Note that variables declared using def
are not accessible through this
(→ other_var
in the example) .
Input:
params.bar = "test"
script_var = 42
def other_var = 1
process foo {
exec:
println this.binding.variables
}
workflow {
foo()
}
Output:
[
args:[], params:[bar:test], baseDir:/scratch/nf-test,
projectDir:/scratch/nf-test, workDir:/scratch/nf-test/work,
workflow:repository: null, projectDir: /scratch/nf-test,
commitId: null, revision: null,
startTime: 2020-11-28T16:47:44.162643+01:00, endTime: null,
duration: null, container: {}, commandLine: nextflow ./test.nf,
nextflow: nextflow.NextflowMeta([...]), success: false,
workDir: /scratch/nf-test/work, launchDir: /scratch/nf-test,
profile: standard, nextflow:nextflow.NextflowMeta([...]),
launchDir:/scratch/nf-test, moduleDir:/scratch/nf-test,
script_var:42
]
4. Nextflow’s process representation and the “task” implicit variable
I already used the expression task.cpus
many times in my nextflow pipelines, without
questioning how it works.
When a process gets executed in Nextflow, it is an instance of the class TaskRun
,
which holds a config object of the instance TaskConfig
.
The latter is accessible through the implicit variable task
.
It contains all variables defined within a process; cpus
just
happens to be one of them.

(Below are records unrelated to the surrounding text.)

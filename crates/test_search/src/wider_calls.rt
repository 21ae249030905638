//! The wider domains that are found for a goal, and the rows that they are taken from.
use rx_domain::Domains;
use rx_has_ranks::RankMemo;
use rx_plain::NoMemory;
use rx_row::Constraint;
use rx_solve::refutes;
use rx_term::{Equation, RuleSet};
use rx_wider_domains::{find_wider_domains, wider_candidates};
use rx_words::push_rows;
use std::alloc::Global;
use test_lines::{Answer, equation, push_list, written};

fn push_domain(domain: &Constraint, out: &mut Vec<u8>) -> Result<(), NoMemory> {
    push_rows(domain.rows(), out)
}

// The rows of each symbol.
fn answer_of(alloc: Global, lists: &[Constraint]) -> Option<Answer> {
    written(alloc, |out| push_list(lists, out, push_domain))
}

// What is found for the goal, by the refuter.
fn wider_of(alloc: Global, set: &RuleSet, goal: &Equation) -> Result<Option<Domains>, NoMemory> {
    let mut memo = RankMemo::new(alloc);
    let mut solve = |rows: &Constraint| refutes(alloc, rows);
    find_wider_domains(alloc, set, goal, &mut memo, &mut solve)
}

/// The rows that the wider domains for the goal are taken from, a list for each symbol; none where
/// the line can't be read, or there is no memory. The set's own domains aren't looked at.
pub fn listed(alloc: Global, set: &RuleSet, goal: &str) -> Option<Answer> {
    let goal = equation(alloc, goal)?;
    let lists = wider_candidates(alloc, set, &goal).ok()?;
    answer_of(alloc, lists.as_slice())
}

/// The wider domains, in the same form.
pub fn wider(alloc: Global, set: &RuleSet, goal: &str) -> Option<Answer> {
    let goal = equation(alloc, goal)?;
    match wider_of(alloc, set, &goal).ok()? {
        Some(domains) => answer_of(alloc, domains.rows.as_slice()),
        None => Some(Answer::Word("none")),
    }
}
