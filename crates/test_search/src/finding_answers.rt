//! Compares the covers and ranks that a search finds of a rule set with values of another program.
use crate::found_answer::is_wanted;
use crate::search_calls;
use rx_term::RuleSet;
use std::alloc::Global;
use test_lines::Case;

/// Whether the call answers what is wanted, over the rule set; none where that isn't known.
pub fn holds(alloc: Global, set: &RuleSet, case: &Case<'_>) -> Option<bool> {
    let found = search_calls::answer_to(alloc, set, case.call, case.given)?;
    is_wanted(alloc, case.call, &found, case.wanted)
}
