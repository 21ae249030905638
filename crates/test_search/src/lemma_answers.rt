//! Compares the lemmas that a search tries at a goal, and the uses of hypotheses that it finds, with
//! values of another program.
use crate::{lemma_calls, use_calls};
use rx_term::RuleSet;
use std::alloc::Global;
use test_lines::{Case, Meant};

/// Whether the call answers what is wanted, over the rule set; none where that isn't known.
pub fn holds(alloc: Global, set: &RuleSet, case: &Case<'_>) -> Option<bool> {
    let found = match case.call {
        "use" => use_calls::use_of(alloc, None, case.given),
        "beside" => use_calls::use_of(alloc, Some(set), case.given),
        _ => lemma_calls::answer_to(alloc, set, case.call, case.given),
    }?;
    found.is_meant(alloc, case.wanted)
}
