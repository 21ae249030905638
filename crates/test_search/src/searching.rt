//! Searches by the refuter: what each comes to, how often it asks the refuter and for lemmas, and
//! whether it comes to the same bytes whatever a cache holds and however many nodes are kept.
ghost use Rattle.std.specs.Prelude.{◌≡◌, ◌≤◌, [], true};
ghost use Rattle.std.specs.Bool.{IsTrue};
ghost use Rattle.rx_find_cover.specs.Coverable.{is_coverable};
ghost use Rattle.rx_proofs.specs.Goals.{IsFitting};

use crate::by_solver::{MOST_KEPT, Task, lemmas_by, searched_by};
use crate::caching::search_after;
use crate::ends::word;
use rx_find_cover::find_cover;
use rx_row::Constraint;
use rx_solve::refutes;
use rx_term::{Equation, RuleSet};
use std::alloc::Global;

/// Whether trees are found that cover the set.
pub fn is_covered(alloc: Global, set: &RuleSet) -> bool
    ensures { IsTrue result → is_coverable set.now ≡ true }
{
    let mut solve = |rows: &Constraint| refutes(alloc, rows);
    match find_cover(alloc, set, &mut solve) {
        Ok(Some(_)) => true,
        _ => false,
    }
}

/// Whether both sides of the goal fit the set.
pub fn is_fitting(set: &RuleSet, goal: &Equation) -> bool
    ensures { IsTrue result → IsFitting set.now goal.now }
{
    set.fits(&goal.left) && set.fits(&goal.right)
}

/// Whether no symbol of the set has a domain.
pub fn is_without_domains(set: &RuleSet) -> bool
    ensures { IsTrue result → set.now.domains ≡ [] }
{
    set.parts().domains.is_empty()
}

// What the search comes to by the refuter, where it keeps at most `most_kept` nodes.
fn by_refuter(alloc: Global, set: &RuleSet, task: &Task, most_kept: usize) -> Option<Vec<u8>>
    requires no_domains { set.now.domains ≡ [] }
    requires coverable { is_coverable set.now ≡ true }
    requires fits { IsFitting set.now task.now.goal }
    requires depth { task.now.depth ≤ 12 }
{
    let solve = |rows: &Constraint| refutes(alloc, rows);
    searched_by(alloc, set, task, most_kept, solve)
}

/// How often the search asks the refuter; none where memory ran out.
pub fn calls_of(alloc: Global, set: &RuleSet, task: &Task) -> Option<u64>
    requires no_domains { set.now.domains ≡ [] }
    requires coverable { is_coverable set.now ≡ true }
    requires fits { IsFitting set.now task.now.goal }
    requires depth { task.now.depth ≤ 12 }
{
    let mut calls = 0u64;
    let solve = |rows: &Constraint| {
        calls = calls.saturating_add(1);
        refutes(alloc, rows)
    };
    searched_by(alloc, set, task, MOST_KEPT, solve)?;
    Some(calls)
}

/// How often the search asks for the lemmas of a goal, where it keeps one node; none where memory
/// ran out.
pub fn lemmas_of(alloc: Global, set: &RuleSet, task: &Task) -> Option<usize>
    requires no_domains { set.now.domains ≡ [] }
    requires coverable { is_coverable set.now ≡ true }
    requires fits { IsFitting set.now task.now.goal }
    requires depth { task.now.depth ≤ 12 }
{
    let solve = |rows: &Constraint| refutes(alloc, rows);
    lemmas_by(alloc, set, task, solve)
}

/// What the search comes to.
pub fn searched(alloc: Global, set: &RuleSet, task: &Task) -> Option<Vec<u8>>
    requires no_domains { set.now.domains ≡ [] }
    requires coverable { is_coverable set.now ≡ true }
    requires fits { IsFitting set.now task.now.goal }
    requires depth { task.now.depth ≤ 12 }
{
    by_refuter(alloc, set, task, MOST_KEPT)
}

// Whether the search that keeps at most `most_kept` nodes comes to this text.
fn is_kept(alloc: Global, set: &RuleSet, task: &Task, most_kept: usize, text: &[u8]) -> bool
    requires no_domains { set.now.domains ≡ [] }
    requires coverable { is_coverable set.now ≡ true }
    requires fits { IsFitting set.now task.now.goal }
    requires depth { task.now.depth ≤ 12 }
{
    match by_refuter(alloc, set, task, most_kept) {
        Some(found) => found.as_slice() == text,
        None => false,
    }
}

/// What searches come to that keep 1, 4 and 65,536 nodes, where that is the same; otherwise the
/// word `differ`.
pub fn kept(alloc: Global, set: &RuleSet, task: &Task) -> Option<Vec<u8>>
    requires no_domains { set.now.domains ≡ [] }
    requires coverable { is_coverable set.now ≡ true }
    requires fits { IsFitting set.now task.now.goal }
    requires depth { task.now.depth ≤ 12 }
{
    let text = by_refuter(alloc, set, task, 1)?;
    if is_kept(alloc, set, task, 4, &text) && is_kept(alloc, set, task, 65_536, &text) {
        return Some(text);
    }
    word(alloc, b"differ")
}

// Whether the search behind a cache that holds `capacity` answers comes to this text.
fn is_cached(alloc: Global, set: &RuleSet, task: &Task, capacity: u32, text: &[u8]) -> bool
    requires no_domains { set.now.domains ≡ [] }
    requires coverable { is_coverable set.now ≡ true }
    requires fits { IsFitting set.now task.now.goal }
    requires depth { task.now.depth ≤ 12 }
    requires low { 1 ≤ capacity }
    requires high { capacity ≤ 65536 }
{
    match search_after(alloc, set, task, capacity) {
        Some(found) => found.as_slice() == text,
        None => false,
    }
}

/// What searches come to by the refuter behind caches that hold 1, 16 and 4,096 answers, where that
/// is the same; otherwise the word `differ`.
pub fn cached(alloc: Global, set: &RuleSet, task: &Task) -> Option<Vec<u8>>
    requires no_domains { set.now.domains ≡ [] }
    requires coverable { is_coverable set.now ≡ true }
    requires fits { IsFitting set.now task.now.goal }
    requires depth { task.now.depth ≤ 12 }
{
    let text = search_after(alloc, set, task, 1)?;
    if is_cached(alloc, set, task, 16, &text) && is_cached(alloc, set, task, 4096, &text) {
        return Some(text);
    }
    word(alloc, b"differ")
}
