//! What is found, as an answer, and whether that is what a line wants.
use rx_fm::FmEnd;
use std::alloc::Global;
use test_lines::{Answer, Meant};

/// Why there is no answer; out of memory is none that a line could want.
pub fn ended(end: FmEnd) -> Option<Answer> {
    match end {
        FmEnd::Large => Some(Answer::Word("large")),
        FmEnd::NoMemory => None,
    }
}

/// Whether the line wants this answer of the call; none where there is no memory. Of `ranks` the
/// word `some` wants that there are some, whichever.
pub fn is_wanted(alloc: Global, call: &str, found: &Answer, wanted: &str) -> Option<bool> {
    match found {
        Answer::Text(_) if call == "ranks" && wanted == "some" => Some(true),
        _ => found.is_meant(alloc, wanted),
    }
}
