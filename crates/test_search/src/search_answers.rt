//! Compares whole searches, and how often they ask the refuter, with values of another program.
use crate::tasks;
use rx_term::RuleSet;
use std::alloc::Global;
use test_lines::Case;

// Whether the first line of the text is this one.
fn begins_with_line(text: &[u8], line: &str) -> bool {
    match text.strip_prefix(line.as_bytes()) {
        Some(rest) => rest.is_empty() || rest.starts_with(b"\n"),
        None => false,
    }
}

/// Whether the first line of the call's answer is what is wanted, over the rule set; none where the
/// line is no case.
pub fn holds(alloc: Global, set: &RuleSet, case: &Case<'_>) -> Option<bool> {
    let found = tasks::answer(alloc, set, case.call, case.given)?;
    Some(begins_with_line(&found, case.wanted))
}
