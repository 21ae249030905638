//! The search by a cached solver.
ghost use Rattle.std.specs.Prelude.{◌≡◌, ◌≤◌, [], true};
ghost use Rattle.rx_cache.specs.CachedSolver.{IsCachedSolver};
ghost use Rattle.rx_find_cover.specs.Coverable.{is_coverable};
ghost use Rattle.rx_proofs.specs.Goals.{IsFitting};
ghost use Rattle.rx_solve.specs.Answers.{Answers};

use crate::by_solver::{MOST_KEPT, Task, searched_by};
use rx_cache::CachedSolver;
use rx_cert::Cert;
use rx_fm::FmEnd;
use rx_row::Constraint;
use rx_solve::refutes;
use rx_term::RuleSet;
use std::alloc::Global;

// What the search comes to by a cached solver.
fn search_cached<S: FnMut(&Constraint) -> Result<Option<Cert>, FmEnd>>(
    alloc: Global,
    set: &RuleSet,
    task: &Task,
    cached: CachedSolver<S>,
) -> Option<Vec<u8>>
where
    S: Drop,
    requires known { IsCachedSolver S.FnMut cached }
    requires no_domains { set.now.domains ≡ [] }
    requires coverable { is_coverable set.now ≡ true }
    requires fits { IsFitting set.now task.now.goal }
    requires depth { task.now.depth ≤ 12 }
{
    let mut cached = cached;
    let solve = move |rows: &Constraint| -> Result<Option<Cert>, FmEnd>
        requires { IsCachedSolver S.FnMut cached }
        ensures known { IsCachedSolver S.FnMut cached.exit }
        ensures answer { Answers rows.now result }
    { cached.refutes(rows) };
    searched_by(alloc, set, task, MOST_KEPT, solve)
}

/// What the search comes to by the refuter behind a cache that holds `capacity` answers.
pub fn search_after(alloc: Global, set: &RuleSet, task: &Task, capacity: u32) -> Option<Vec<u8>>
    requires no_domains { set.now.domains ≡ [] }
    requires coverable { is_coverable set.now ≡ true }
    requires fits { IsFitting set.now task.now.goal }
    requires depth { task.now.depth ≤ 12 }
    requires low { 1 ≤ capacity }
    requires high { capacity ≤ 65536 }
{
    let solve = |rows: &Constraint| refutes(alloc, rows);
    match CachedSolver::new(alloc, solve, capacity) {
        Ok(cached) => search_cached(alloc, set, task, cached),
        Err(_) => None,
    }
}
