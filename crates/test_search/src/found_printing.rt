//! What calls find, as text: words with a space between them, a list after its number of elements.
use rx_cover::CoverTree;
use rx_find_ranks::Ranking;
use rx_pairs::{PairCert, RankTable};
use rx_plain::{Items, NoMemory};
use rx_poly::Poly;
use rx_term_words::push_tree;
use rx_text::{push_natural, push_poly, push_word};
use rx_words::push_count;
use test_lines::{push_each, push_list};

fn push_trees(trees: &Items<CoverTree>, out: &mut Vec<u8>) -> Result<(), NoMemory> {
    push_list(trees.as_slice(), out, |tree, out| push_tree(tree, out))
}

/// The trees of each symbol.
pub fn push_cover(cover: &Items<Items<CoverTree>>, out: &mut Vec<u8>) -> Result<(), NoMemory> {
    push_list(cover.as_slice(), out, push_trees)
}

fn push_column(column: &Poly, out: &mut Vec<u8>) -> Result<(), NoMemory> {
    push_poly(out, column)
}

fn push_ranks(table: &RankTable, out: &mut Vec<u8>) -> Result<(), NoMemory> {
    for rank in table.ranks.as_slice() {
        push_each(rank.as_slice(), out, push_column)?;
    }
    Ok(())
}

/// The number of columns, and then those of each symbol.
pub fn push_table(found: &Ranking, out: &mut Vec<u8>) -> Result<(), NoMemory> {
    push_natural(out, found.table.columns)?;
    push_ranks(&found.table, out)
}

fn push_pair(pair: &PairCert, out: &mut Vec<u8>) -> Result<(), NoMemory> {
    push_natural(out, pair.column)?;
    push_word(out, b" ")?;
    push_count(out, pair.certs.len())
}

/// The number of pairs, and then the column of each and how many certificates it has.
pub fn push_lowering(found: &Ranking, out: &mut Vec<u8>) -> Result<(), NoMemory> {
    push_list(found.certs.as_slice(), out, push_pair)
}
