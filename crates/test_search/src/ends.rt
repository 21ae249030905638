//! What searches come to, as text: one line on how a search ended, and after it the log, if one was
//! found.
use rx_log::Log;
use rx_logwriting::write_log;
use rx_plain::NoMemory;
use rx_row::Row;
use rx_search::SearchEnd;
use rx_text::push_word;
use rx_words::{push_count, push_rows};
use std::alloc::Global;
use test_lines::{bytes_written, push_list};

/// One word.
pub fn word(alloc: Global, word: &[u8]) -> Option<Vec<u8>> {
    bytes_written(alloc, |out| push_word(out, word))
}

/// A count as text; none where memory ran out.
pub fn count(alloc: Global, number: usize) -> Option<Vec<u8>> {
    bytes_written(alloc, |out| push_count(out, number))
}

// A word and a number.
fn push_numbered(word: &[u8], number: usize, out: &mut Vec<u8>) -> Result<(), NoMemory> {
    push_word(out, word)?;
    push_count(out, number)
}

fn push_choice(choice: &u8, out: &mut Vec<u8>) -> Result<(), NoMemory> {
    push_count(out, *choice as usize)
}

// Two numbers, with a space between them.
fn push_counts(first: usize, second: usize, out: &mut Vec<u8>) -> Result<(), NoMemory> {
    push_count(out, first)?;
    push_word(out, b" ")?;
    push_count(out, second)
}

/// Two counts as text; none where memory ran out.
pub fn counts(alloc: Global, first: usize, second: usize) -> Option<Vec<u8>> {
    bytes_written(alloc, |out| push_counts(first, second, out))
}

// The path to the node where the limits are passed, as a list of choices, and the rows there.
fn push_large(path: &[u8], rows: &[Row], out: &mut Vec<u8>) -> Result<(), NoMemory> {
    push_word(out, b"large ")?;
    push_list(path, out, push_choice)?;
    push_word(out, b" ")?;
    push_rows(rows, out)
}

// The number of the steps of a log, and its text below it.
fn push_closed(steps: usize, log: &[u8], out: &mut Vec<u8>) -> Result<(), NoMemory> {
    push_numbered(b"closed ", steps, out)?;
    push_word(out, b"\n")?;
    push_word(out, log)
}

fn closed(alloc: Global, log: &Log) -> Option<Vec<u8>> {
    let text = write_log(alloc, log).ok()?;
    let mut out = Vec::new(alloc);
    push_closed(log.steps.len(), &text, &mut out).ok()?;
    Some(out)
}

// How a search ended without a log; out of memory is no end that a line could want.
fn push_end(end: &SearchEnd, out: &mut Vec<u8>) -> Result<(), NoMemory> {
    match end {
        SearchEnd::NoRanks => push_word(out, b"ranks"),
        SearchEnd::NoPlan { depth } => push_numbered(b"depth ", *depth as usize, out),
        SearchEnd::Spent { visits } => push_numbered(b"visits ", *visits as usize, out),
        SearchEnd::LargeRanks { rows } => push_large(&[], rows.as_slice(), out),
        SearchEnd::Large { path, rows } => push_large(path.as_slice(), rows.as_slice(), out),
        SearchEnd::NoMemory => Err(NoMemory),
    }
}

/// The text of what a search comes to; none where memory ran out.
pub fn text_of(alloc: Global, end: Result<Log, SearchEnd>) -> Option<Vec<u8>> {
    match end {
        Ok(log) => closed(alloc, &log),
        Err(end) => bytes_written(alloc, |out| push_end(&end, out)),
    }
}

Additionally, we can access all input
variables via task.binding
. Again, variables declared with def
cannot be accessed.
Input:
process foo {
process_var = 42
def other_var = 42
cpus = 2
input:
val(meta)
exec:
id = meta.id
def local_var = 1
println "task = ${task}"
println "task.binding = ${task.binding}"
}
workflow {
foo([id: "test"])
}
Output:
task = [
process_var:42, process:foo, cpus:2, index:1, echo:false,
validExitStatus:[0], maxRetries:0, maxErrors:-1,
shell:[/bin/bash, -ue], executor:local, name:foo,
cacheable:true, errorStrategy:TERMINATE,
workDir:/scratch/nf-test/work/7a/605dabf4d1b454c288434b6381622c,
hash:7a605dabf4d1b454c288434b6381622c
]
task.binding = [meta:[id:test], $:true, task:[...], id:test]
5. Debugging Nextflow
I found that Nextflow’s fancy ANSI-logging feature sometimes swallows println
statements
or error messages. It is possible to turn it off using nextflow run -ansi-log false
.
I also learned to check the .nextflow.log
file more often. It sometimes contains
helpful additional information, such as full Java stack traces.